/---

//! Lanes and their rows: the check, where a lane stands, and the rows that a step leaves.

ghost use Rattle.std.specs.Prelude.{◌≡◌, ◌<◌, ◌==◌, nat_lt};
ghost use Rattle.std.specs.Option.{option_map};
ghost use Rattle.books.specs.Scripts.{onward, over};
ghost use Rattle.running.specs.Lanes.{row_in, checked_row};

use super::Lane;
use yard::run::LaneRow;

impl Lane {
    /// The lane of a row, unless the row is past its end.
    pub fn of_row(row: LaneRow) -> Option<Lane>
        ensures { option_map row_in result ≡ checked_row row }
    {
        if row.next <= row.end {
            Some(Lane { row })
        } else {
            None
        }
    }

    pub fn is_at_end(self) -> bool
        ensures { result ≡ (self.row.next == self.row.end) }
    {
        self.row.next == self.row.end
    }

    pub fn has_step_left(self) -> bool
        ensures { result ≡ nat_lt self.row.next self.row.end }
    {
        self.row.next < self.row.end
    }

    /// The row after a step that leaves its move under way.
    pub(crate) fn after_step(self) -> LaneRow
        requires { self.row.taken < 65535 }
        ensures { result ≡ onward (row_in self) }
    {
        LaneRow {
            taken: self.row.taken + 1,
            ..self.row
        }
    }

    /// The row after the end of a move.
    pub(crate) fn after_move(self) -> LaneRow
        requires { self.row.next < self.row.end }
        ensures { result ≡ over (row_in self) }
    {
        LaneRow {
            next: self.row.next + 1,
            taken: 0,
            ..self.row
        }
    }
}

\---

* **Work task**
Where a line in the material contains "next", copy that line.

* **Answer section**
        if row.next <= row.end {
        ensures { result ≡ (self.row.next == self.row.end) }
        self.row.next == self.row.end
        ensures { result ≡ nat_lt self.row.next self.row.end }
        self.row.next < self.row.end
        requires { self.row.next < self.row.end }
            next: self.row.next + 1,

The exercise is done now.